**WHAT IS BEING ASKED:** When you find the line with "Form::Timeout | Form::Report" among the records below, reproduce it and each line after it exactly, ending with the line with "Form::Replica | Form::Timeout |".

Stored data

>>>

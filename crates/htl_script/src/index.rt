// Numbers in the order of the keys of their names.
ghost use Rattle.std.specs.Prelude.{◌≡◌, ◌≤◌, ◌<◌, ◌+◌, ◌++◌, [], ◌∷◌, ℕ, length, take, drop, IsSome, Some};
ghost use Rattle.std.specs.Option.{option_map};
ghost use Rattle.std.specs.Ordering.{nat_cmp};
ghost use Rattle.std.specs.Cmp.Lexicographic.{slice_cmp};
ghost use Rattle.htl_model.specs.Tables.{tables_of};
ghost use Rattle.htl_script.specs.Keys.{Keyed, key_of};
ghost use Rattle.htl_script.specs.Naming.{name_of, count_of, number_named, sensor_name};
ghost use Rattle.htl_script.specs.Orders.{AreRising, AreKeys, IsOrder, IsPlace, IsIndex, keyed, keyed_name};

use crate::naming::{Named, count, name};
use htl_base::limits::MAX_INVOCATIONS;
use htl_model::{Comm, Parts, Tables};
use std::cmp::Ordering;
use std::marker::Model;

/// The sensors and the concrete invocations of tables, to be found by their names.
pub struct Index {
    pub sensors: NameOrder,
    pub invocations: NameOrder,
}

impl Drop for Index {
    fn drop(self) {
        let Self {
            sensors: _,
            invocations: _,
        } = self;
    }
}

impl Index {
    /// The index of no tables.
    pub fn empty() -> Index {
        Index {
            sensors: NameOrder::new(),
            invocations: NameOrder::new(),
        }
    }

    /// The index of tables: each name is put in its place, which is found by halves. It takes no memory.
    pub fn new(t: &Tables) -> Index
        ensures { IsIndex t.now result }
    {
        let mut index = Index::empty();
        index.fill(t);
        index
    }

    /// Makes it the index of tables, in place.
    pub fn fill(&mut self, t: &Tables)
        ensures { IsIndex t.now self.new }
    {
        self.sensors.fill(t, Named::Sensor);
        self.invocations.fill(t, Named::Invocation);
    }
}

/// Numbers in the order of the keys of their names, at most 2,048, held in place; names with one key are in the order of
/// their bytes. A name is found by halves: a key is compared at each, and names where keys are equal. Contracts see the
/// numbers and the keys.
#[derive(Drop)]
pub struct NameOrder {
    keys: [u32; MAX_INVOCATIONS],
    numbers: [u16; MAX_INVOCATIONS],
    // so many are in use
    count: usize,
}

impl Model for NameOrder {
    ghost use Rattle.std.specs.Prelude.{◌≤◌, take};
    ghost use Rattle.htl_script.specs.Keys.{Keyed};

    ghost Value = { Keyed };

    ghost view = { λ o. record { keys = take o.count o.keys; numbers = take o.count o.numbers } };

    ghost invariant = { λ o. o.count ≤ 2048 };
}

impl NameOrder {
    // None.
    fn new() -> NameOrder
        ensures { result ≡ record { keys = []; numbers = [] } }
    {
        NameOrder {
            keys: [0; MAX_INVOCATIONS],
            numbers: [0; MAX_INVOCATIONS],
            count: 0,
        }
    }

    // Makes it those of tables.
    fn fill(&mut self, t: &Tables, kind: Named)
        ensures { IsOrder (name_of t.now kind) (count_of t.now kind) self.new }
    {
        self.clear();
        for number in 0..count(t, kind) {
            self.add(t, kind, number as u16);
        }
    }

    // Takes all away.
    fn clear(&mut self)
        ensures { self.new ≡ record { keys = []; numbers = [] } }
    {
        self.count = 0;
    }

    // Puts the next number in its place, where its name is new.
    fn add(&mut self, t: &Tables, kind: Named, number: u16)
        requires ordered { IsOrder (name_of t.now kind) number self.old }
        requires few { length self.old.numbers ≤ number }
        requires below { number < 2048 }
        ensures ordered { IsOrder (name_of t.now kind) (number + 1) self.new }
        ensures few { length self.new.numbers ≤ number + 1 }
    {
        let Some(text) = name(t.parts(), kind, number) else {
            return;
        };
        let key = key_of(text.as_bytes());
        if let Err(place) = self.place(t.parts(), kind, key, text.as_bytes()) {
            self.insert(place, key, number);
        }
    }

    // Puts a number and its key at a place.
    fn insert(&mut self, place: usize, key: u32, number: u16)
        requires place { place ≤ length self.old.numbers }
        requires room { length self.old.numbers < 2048 }
        ensures numbers { self.new.numbers ≡ take place self.old.numbers ++ number ∷ drop place self.old.numbers }
        ensures keys { self.new.keys ≡ take place self.old.keys ++ key ∷ drop place self.old.keys }
    {
        let count = self.count;
        self.keys[count] = key;
        self.keys[place..count + 1].rotate_right(1);
        self.numbers[count] = number;
        self.numbers[place..count + 1].rotate_right(1);
        self.count = count + 1;
    }

    // The place of a text with its key among the names, found by halves; where it isn't there, where it would stand.
    fn place(&self, parts: &Parts, kind: Named, key: u32, text: &[u8]) -> Result<usize, usize>
        requires rising { AreRising (keyed_name (name_of (tables_of parts.now) kind)) self.now.numbers }
        requires keys { AreKeys (name_of (tables_of parts.now) kind) self.now }
        requires key { key_of text.now ≡ key }
        ensures { IsPlace (keyed_name (name_of (tables_of parts.now) kind)) self.now.numbers (keyed text.now) result }
    {
        let keys = &self.keys[..self.count];
        let numbers = &self.numbers[..self.count];
        let mut low = 0;
        let mut high = numbers.len();
        'halves: while low < high {
            let middle = low + (high - low) / 2;
            match compare_keyed(parts, kind, keys[middle], numbers[middle], key, text) {
                Ordering::Less => low = middle + 1,
                Ordering::Greater => high = middle,
                Ordering::Equal => return Ok(middle),
            }
        }
        Err(low)
    }

    /// The first number with a name.
    pub fn find(&self, t: &Tables, kind: Named, text: &[u8]) -> Option<u16>
        requires { IsOrder (name_of t.now kind) (count_of t.now kind) self.now }
        ensures { result ≡ number_named t.now kind text.now }
    {
        match self.place(t.parts(), kind, key_of(text), text) {
            Ok(place) => Some(self.numbers[place]),
            Err(_) => None,
        }
    }
}

// The key of a name.
fn key_of(text: &[u8]) -> u32
    ensures { result ≡ key_of text.now }
{
    text.iter().fold(0u32, |key, b| {
        key.wrapping_mul(31).wrapping_add(u32::from(*b))
    })
}

// How the name of a number, which has a key, compares with a text and its key; names are compared where the keys are equal.
fn compare_keyed(
    parts: &Parts,
    kind: Named,
    own: u32,
    number: u16,
    key: u32,
    text: &[u8],
) -> Ordering
    requires own { option_map key_of (name_of (tables_of parts.now) kind number) ≡ Some own }
    requires key { key_of text.now ≡ key }
    ensures { option_map (λ a. slice_cmp nat_cmp a (keyed text.now)) (keyed_name (name_of (tables_of parts.now) kind) number) ≡ Some result }
{
    match own.cmp(&key) {
        Ordering::Equal => compare(parts, kind, number, text),
        other => other,
    }
}

// How the name of a number compares with a text.
fn compare(parts: &Parts, kind: Named, number: u16, text: &[u8]) -> Ordering
    requires { IsSome (name_of (tables_of parts.now) kind number) }
    ensures { option_map (λ own. slice_cmp nat_cmp own text.now) (name_of (tables_of parts.now) kind number) ≡ Some result }
{
    match kind {
        Named::Sensor => match parts.comms.as_slice().get(number as usize) {
            Some(comm) => compare_sensor(comm, text),
            None => Ordering::Equal,
        },
        Named::Invocation => match name(parts, kind, number) {
            Some(own) => own.as_bytes().cmp(text),
            None => Ordering::Equal,
        },
    }
}

// How the name of a sensor compares with a text; it is not copied.
fn compare_sensor(comm: &Comm, text: &[u8]) -> Ordering
    requires { IsSome (sensor_name comm.now) }
    ensures { option_map (λ own. slice_cmp nat_cmp own text.now) (sensor_name comm.now) ≡ Some result }
{
    comm.name.as_bytes().cmp(text)
}
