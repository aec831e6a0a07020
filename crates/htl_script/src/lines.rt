// The lines of a text, byte by byte. They know nothing of what is said in them.
ghost use Rattle.std.specs.Prelude.{◌≡◌, ◌==◌, ◌≤◌, ◌<◌, ◌+◌, [], ◌∷◌, ◌++◌, length, All, true, false, not, if◌then◌else◌, Ok, Err, OnOk, OnErr};
ghost use Rattle.htl_base.specs.declared.limits.TheConstants as limit;
ghost use Rattle.htl_script.specs.Lines.{is_line_feed};
ghost use Rattle.htl_script.specs.LineReading.{first_place, StopsBefore, IsLinePlace};

use crate::ScriptKind;
use htl_base::limits::{MAX_LINE, MAX_SCRIPT};
use htl_edge::LineBuffer;
use std::marker::Model;

/// Where a reader of lines is: the line that is being read.
pub struct Lines {
    // Its number, from 1.
    number: u64,
    // How many bytes stand before it.
    start: u64,
    // What was read of it.
    line: LineBuffer,
}

impl Drop for Lines {
    fn drop(self) {
        let Self {
            number: _,
            start: _,
            line: _,
        } = self;
    }
}

impl Model for Lines {
    ghost use Rattle.htl_script.specs.LineReading.{Place, IsLinePlace};

    ghost Value = { Place };

    ghost view = { λ l. record { number = l.number; start = l.start; line = l.line } };

    ghost invariant = { λ l. IsLinePlace (record { number = l.number; start = l.start; line = l.line }) };
}

impl Lines {
    // At the beginning of a text.
    pub fn new() -> Lines
        ensures { result ≡ first_place }
    {
        Lines {
            number: 1,
            start: 0,
            line: LineBuffer::new(),
        }
    }

    // The number of the line, from 1.
    pub fn number(&self) -> u64
        ensures value { result ≡ self.now.number }
        ensures few { result ≤ limit.MAX_SCRIPT + 1 }
        ensures place { IsLinePlace self.now }
    {
        self.number
    }

    // Its invariant, for callers: the line is plain and short, and stands within the limit.
    pub fn keeps_place(&self)
        ensures { IsLinePlace self.now }
    {
        self.number();
    }

    // What was read of the line.
    pub fn text(&self) -> &[u8]
        ensures { result.now ≡ self.now.line }
    {
        self.line.as_bytes()
    }

    // Whether all bytes were read that a script may have.
    fn is_at_limit(&self) -> bool
        ensures value { result ≡ (self.now.start + length self.now.line == limit.MAX_SCRIPT) }
        ensures bound { self.now.start + length self.now.line ≤ limit.MAX_SCRIPT }
    {
        self.start + self.line.as_bytes().len() as u64 == MAX_SCRIPT
    }

    // Whether the line has all bytes that it may have.
    fn is_full(&self) -> bool
        ensures value { result ≡ (length self.now.line == limit.MAX_LINE) }
        ensures bound { length self.now.line ≤ limit.MAX_LINE }
    {
        self.line.as_bytes().len() == MAX_LINE
    }

    // Whether the line ends before a byte that follows; else it goes on with it.
    pub fn ends_before(&self, b: u8) -> Result<bool, ScriptKind>
        ensures { StopsBefore self.now b result }
    {
        if self.is_at_limit() {
            return Err(ScriptKind::Size);
        }
        if b == b'\n' {
            return Ok(true);
        }
        if self.is_full() {
            return Err(ScriptKind::Long);
        }
        Ok(false)
    }

    // How many bytes the line may have more.
    pub fn room(&self) -> usize
        ensures line { length self.now.line + result ≤ limit.MAX_LINE }
        ensures script { self.now.start + length self.now.line + result ≤ limit.MAX_SCRIPT }
        ensures some { length self.now.line < limit.MAX_LINE → self.now.start + length self.now.line < limit.MAX_SCRIPT → 1 ≤ result }
    {
        let size = self.line.as_bytes().len();
        (MAX_LINE - size).min((MAX_SCRIPT - self.start) as usize - size)
    }

    // Reads bytes of the line, none of which is a line feed.
    pub fn push_all(&mut self, run: &[u8])
        requires line { length self.old.line + length run.now ≤ limit.MAX_LINE }
        requires script { self.old.start + length self.old.line + length run.now ≤ limit.MAX_SCRIPT }
        requires plain { All (λ b. is_line_feed b ≡ false) run.now }
        ensures { self.new ≡ record self.old { line = self.old.line ++ run.now } }
    {
        self.line.text(run);
    }

    // Goes behind the line, and behind the line feed that ends it, if there is one.
    pub fn pass(&mut self, feed: u64)
        requires feed { feed ≤ 1 }
        requires room { self.old.start + (length self.old.line + feed) ≤ limit.MAX_SCRIPT }
        requires some { 1 ≤ length self.old.line + feed }
        ensures { self.new ≡ record { number = self.old.number + 1; start = self.old.start + (length self.old.line + feed); line = [] } }
    {
        self.start += self.line.as_bytes().len() as u64 + feed;
        self.number += 1;
        self.line.clear();
    }
}
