// The sensors and the concrete invocations of tables, by their numbers.
ghost use Rattle.std.specs.Prelude.{◌≡◌, ◌≤◌, ◌++◌, ◌∷◌};
ghost use Rattle.htl_model.specs.Tables.{tables_of};
ghost use Rattle.htl_script.specs.Naming.{dotted as dotted_of, sensor_name as sensor_name_of, name_of, count_of};

use htl_base::Name;
use htl_edge::LineBuffer;
use htl_model::{Comm, Inv, Parts, Tables};

/// What a name in a script stands for.
#[derive(Clone, Copy)]
pub enum Named {
    Sensor,
    /// A concrete invocation, MODULE.MODE.TASK.
    Invocation,
}

/// How many numbers there are.
pub fn count(t: &Tables, kind: Named) -> usize
    ensures count { result ≡ count_of t.now kind }
    ensures few { result ≤ 2048 }
{
    t.keeps_ranges();
    match kind {
        Named::Sensor => t.parts().comms.as_slice().len(),
        Named::Invocation => t.parts().invs.as_slice().len(),
    }
}

/// The name that a number has, if it has one.
pub fn name(parts: &Parts, kind: Named, number: u16) -> Option<LineBuffer>
    ensures { result ≡ name_of (tables_of parts.now) kind number }
{
    match kind {
        Named::Sensor => match parts.comms.as_slice().get(number as usize) {
            Some(comm) => sensor_name(comm),
            None => None,
        },
        Named::Invocation => match parts.invs.as_slice().get(number as usize) {
            Some(inv) => dotted(parts, inv),
            None => None,
        },
    }
}

fn sensor_name(comm: &Comm) -> Option<LineBuffer>
    ensures { result ≡ sensor_name_of comm.now }
{
    if !comm.sensor {
        return None;
    }
    let mut line = LineBuffer::new();
    line.text(comm.name.as_bytes());
    Some(line)
}

// The name of an invocation, where it is concrete.
fn dotted(parts: &Parts, inv: &Inv) -> Option<LineBuffer>
    ensures { result ≡ dotted_of (tables_of parts.now) inv.now }
{
    let task = parts.tasks.as_slice().get(inv.task as usize)?;
    let mode = parts.modes.as_slice().get(inv.mode as usize)?;
    let module = parts.modules.as_slice().get(mode.module as usize)?;
    if task.is_abstract {
        None
    } else {
        Some(joined(&module.name, &mode.name, &task.name))
    }
}

// Three names, joined by dots.
fn joined(first: &Name, second: &Name, third: &Name) -> LineBuffer
    ensures { result ≡ first.now ++ 46 ∷ (second.now ++ 46 ∷ third.now) }
{
    let mut line = LineBuffer::new();
    line.text(first.as_bytes());
    line.push(b'.');
    line.text(second.as_bytes());
    line.push(b'.');
    line.text(third.as_bytes());
    line
}
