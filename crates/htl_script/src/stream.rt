// The reader of a script, event by event, where the names are in order. What is done at each line stands in line in the run (`inline`):
// handing answers on through memory costs a sixth of a short line.
ghost use Rattle.std.specs.Prelude.{◌≡◌, ◌≤◌, ◌<◌, ◌+◌, IfOk, IfSome, OnOk, None, Some, Ok, Err};
ghost use Rattle.htl_base.specs.declared.limits.TheConstants as limit;
ghost use Rattle.htl_edge.specs.Causes.{Rose};
ghost use Rattle.htl_script.specs.declared.fault.ScriptFault.{ScriptFault as Fault};
ghost use Rattle.htl_script.specs.declared.fault.ScriptStop.TheVariants as stop;
ghost use Rattle.htl_script.specs.LineReading.{IsAtLine};
ghost use Rattle.htl_script.specs.Streaming.{Gives, IsAnswer, AnswersEnd, TakesLine, Goes, LosesPiece, at_start, lines_in};

use crate::judge::{Past, judge};
use crate::line_stream::LineStream;
use crate::lookup::Names;
use crate::{ScriptKind, ScriptStop};
use htl_edge::Source;
use htl_model::Event;
use std::marker::Model;

/// Reads a script event by event, over a buffer of 256 bytes. Contracts see where it is and what it has read ahead.
pub struct Stream {
    // The reader of its lines.
    lines: LineStream,
    // What the events so far leave.
    past: Past,
}

impl Drop for Stream {
    fn drop(self) {
        let Self { lines: _, past: _ } = self;
    }
}

impl Model for Stream {
    ghost use Rattle.htl_script.specs.Streaming.{Ahead, ahead_of};

    ghost Value = { Ahead };

    ghost view = { λ s. ahead_of s.lines s.past };
}

impl Stream {
    /// A reader at the beginning of a script.
    pub fn new() -> Stream
        ensures { result ≡ at_start }
    {
        Stream {
            lines: LineStream::new(),
            past: Past::new(),
        }
    }

    /// The next event; None where the input has ended after an `end` line.
    #[inline(always)]
    pub fn next<R: Source>(
        &mut self,
        src: &mut R,
        names: &Names<'_>,
    ) -> Result<Option<Event>, ScriptStop>
        ensures answer { Gives self.old.ahead.over self.new.ahead.over (R.rest src.old) (R.rest src.new) (IsAnswer names.now self.old self.new result) }
        ensures taken { LosesPiece self.old self.new (R.rest src.old) (R.rest src.new) result }
        ensures event { Goes names.now self.old.here.past self.new.here.past result }
        ensures lines { IfOk result (λ o. IfSome o (λ e. self.old.here.number < self.new.here.number)) }
        ensures few { IfOk result (λ o. self.new.here.number ≤ limit.MAX_SCRIPT + 1) }
        ensures line { (fault : Fault) → result ≡ Err (stop.Script fault) → fault.line ≡ self.new.here.number }
        ensures later { R.faults src.old ≤ R.faults src.new }
        ensures kept { (result ≡ Err stop.Read → ⊥) → R.faults src.new ≡ R.faults src.old }
        ensures read { result ≡ Err stop.Read → Rose (R.faults src.old) (R.faults src.new) }
    {
        'lines: loop {
            match self.lines.next(src) {
                Ok(true) => {}
                Ok(false) => return self.end(),
                Err(stop) => return Err(stop),
            }
            match self.take_line(names) {
                Ok(Some(event)) => return Ok(Some(event)),
                Ok(None) => {}
                Err(stop) => return Err(stop),
            }
        }
    }

    // Judges the line that was read, and goes behind it. After a fault nothing is changed.
    #[inline(always)]
    fn take_line(&mut self, names: &Names<'_>) -> Result<Option<Event>, ScriptStop>
        requires { IsAtLine (lines_in self.old) }
        ensures { TakesLine names.now self.old self.new result }
    {
        match judge(self.past, names, self.lines.text()) {
            Ok(Some(event)) => {
                self.past.follow(event);
                self.lines.pass();
                Ok(Some(event))
            }
            Ok(None) => {
                self.lines.pass();
                Ok(None)
            }
            Err(kind) => Err(self.lines.fault(kind)),
        }
    }

    // What is answered behind the last line.
    fn end(&self) -> Result<Option<Event>, ScriptStop>
        ensures { AnswersEnd self.now result }
    {
        if self.past.end.is_some() {
            Ok(None)
        } else {
            Err(self.lines.fault(ScriptKind::NoEnd))
        }
    }
}
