// A run of `replay`, line by line (docs/REPLAY.md): what it has come to, what is wrong with a line, which nodes a line is about.
#![tactic(auto)]

ghost use Rattle.std.specs.Prelude.{◌≡◌, ◌≤◌};
ghost use Rattle.lines.specs.Writers.{SameRoom};
ghost use Rattle.runs.specs.Runs.{nobody, reached, answer_of, remembered, the_end};

use answers::Answer;
use calls::{Call, Form};
use lines::Writer;
use std::ops::Range;
use tellings::{Said, Told, Win, put};

// The most nodes of a roster.
pub const ROOM: usize = 16;

// How many nodes there are, 0 before the roster's line, and whether a call was made. How much of a line's piece was handed
// over, 0 if nothing is left of it, how many wins there are and which: memory is fixed, so they are an array and a count. The flag
// says of no other field whether it counts, and what is 0 for none is so in `nobody` and in what `sources` promises.
#[derive(Clone, Copy)]
pub struct Run {
    pub size: u64,
    pub begun: bool,
    pub handed: usize,
    pub won: usize,
    pub wins: [Win; tellings::WINS],
}

// Before the roster's line.
pub fn nobody() -> Run
    ensures { result ≡ nobody }
{
    Run {
        size: 0,
        begun: false,
        handed: 0,
        won: 0,
        wins: [Win { epoch: 0, node: 0 }; tellings::WINS],
    }
}

// What was told may be a win, and so much of a piece was handed over. Each node wins at most once: nothing makes a master a
// replica in its own eyes.
pub fn told(past: Run, told: Told, k: usize, handed: usize) -> Run
    ensures { result ≡ remembered (answer_of told.said) told.config k (reached handed past) }
{
    let mut run = Run { handed, ..past };
    let won = matches!(told.said, Said::Answered(Answer::Won(_)));
    if won && told.config != 0 && run.won < tellings::WINS {
        run.wins[run.won] = Win {
            epoch: told.config,
            node: k as u64,
        };
        run.won += 1;
    }
    run
}

// The call that the input's end is.
pub fn summary() -> Call
    ensures { result ≡ the_end }
{
    Call {
        form: Form::Summary,
        wrong: None,
        words: 0,
        numbers: [0; calls::WORDS],
    }
}

// ---- a line

// What is wrong with a line.
#[derive(Clone, Copy)]
enum Fault {
    NoForm,
    Unfit(usize),
    TooLong,
    NoRoster,
    Stands,
    Begun,
    NoNode(u64),
}

// Its words first, then its time, then its nodes in order.
fn fault_of(call: Call, run: Run) -> Option<Fault> {
    if let Some(word) = call.wrong {
        return Some(Fault::Unfit(word));
    }
    match call.form {
        Form::Unknown => Some(Fault::NoForm),
        Form::TooLong => Some(Fault::TooLong),
        Form::Silent | Form::Summary => None,
        Form::Roster if run.size > 0 => Some(Fault::Stands),
        Form::Roster => None,
        _ if run.size == 0 => Some(Fault::NoRoster),
        Form::Replica | Form::Timeout if run.begun => Some(Fault::Begun),
        _ => calls::stranger(call, run.size).map(Fault::NoNode),
    }
}

// A line that does not fit, or cannot be done.
fn put_fault(out: &mut Writer, count: u64, form: Form, fault: Fault)
    ensures { SameRoom out.old out.new }
{
    put(out, "% bad line, nothing done: ", &[count]);
    match fault {
        Fault::NoForm => put(out, "no call begins like that", &[]),
        Fault::Unfit(word) => {
            put(out, "word % does not fit in '", &[word as u64]);
            calls::put_form(out, form);
            put(out, "'", &[]);
        }
        Fault::TooLong => put(out, "it is too long", &[]),
        Fault::NoRoster => put(out, "there is no roster yet", &[]),
        Fault::Stands => put(out, "the roster stands already", &[]),
        Fault::Begun => put(out, "the first call was made already", &[]),
        Fault::NoNode(node) => put(out, "there is no node %", &[node]),
    }
    put(out, "\n", &[]);
}

// No more than there is room for.
fn room(n: u64) -> usize
    ensures { result ≤ 16 }
{
    ROOM.min(n as usize)
}

// One node.
fn only(k: u64) -> Range<usize>
    ensures { result.end ≤ 16 }
{
    let k = room(k);
    k..ROOM.min(k + 1)
}

// The nodes that a line is about: nobody, the whole roster, or the node that is named. A lookup is about no node by itself: it
// changes none.
fn span_of(call: Call, size: u64) -> Range<usize>
    ensures { result.end ≤ 16 }
{
    let said = call.numbers;
    match call.form {
        Form::Silent | Form::Unknown | Form::TooLong | Form::Lookup => 0..0,
        Form::Roster => 0..room(said[1]),
        Form::Replica | Form::Summary => 0..room(size),
        Form::Slots if said[5] == calls::ALL => 0..room(size),
        Form::Slots => only(said[5]),
        Form::Timeout | Form::Report | Form::Frame | Form::Piece | Form::Open => only(said[1]),
        Form::Migrate | Form::Import | Form::Unmark => only(said[1]),
        Form::Key | Form::Hexkey | Form::Ranges => only(said[1]),
    }
}

// The run after a line. A line that describes the roster, or writes its tables, is no call.
fn after(past: Run, call: Call) -> Run {
    match call.form {
        Form::Roster => Run {
            size: call.numbers[1],
            ..past
        },
        Form::Replica | Form::Timeout | Form::Slots | Form::Report => past,
        Form::Silent | Form::Unknown | Form::TooLong => past,
        _ => Run {
            begun: true,
            ..past
        },
    }
}

// A line that was heard: what is done, nothing where something is wrong with it; the nodes that it is about, and the run
// after it.
#[derive(Clone, Copy)]
pub struct Heard {
    pub call: Call,
    pub first: usize,
    pub last: usize,
    pub run: Run,
}

pub fn hear(call: Call, count: u64, run: Run, out: &mut Writer) -> Heard
    ensures within { result.last ≤ 16 }
    ensures same_room { SameRoom out.old out.new }
{
    if let Some(fault) = fault_of(call, run) {
        put_fault(out, count, call.form, fault);
        return Heard {
            call: calls::silent(),
            first: 0,
            last: 0,
            run,
        };
    }
    if call.form == Form::Summary {
        put(out, "summary\n", &[]);
    }
    let nodes = span_of(call, run.size);
    Heard {
        call,
        first: nodes.start,
        last: nodes.end,
        run: after(run, call),
    }
}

<<<

**WRITTEN SOLUTION:**
        Form::Timeout | Form::Report | Form::Frame | Form::Piece | Form::Open => only(said[1]),
        Form::Migrate | Form::Import | Form::Unmark => only(said[1]),
        Form::Key | Form::Hexkey | Form::Ranges => only(said[1]),
    }
}

// The run after a line. A line that describes the roster, or writes its tables, is no call.
fn after(past: Run, call: Call) -> Run {
    match call.form {
        Form::Roster => Run {
            size: call.numbers[1],
            ..past
        },
        Form::Replica | Form::Timeout | Form::Slots | Form::Report => past,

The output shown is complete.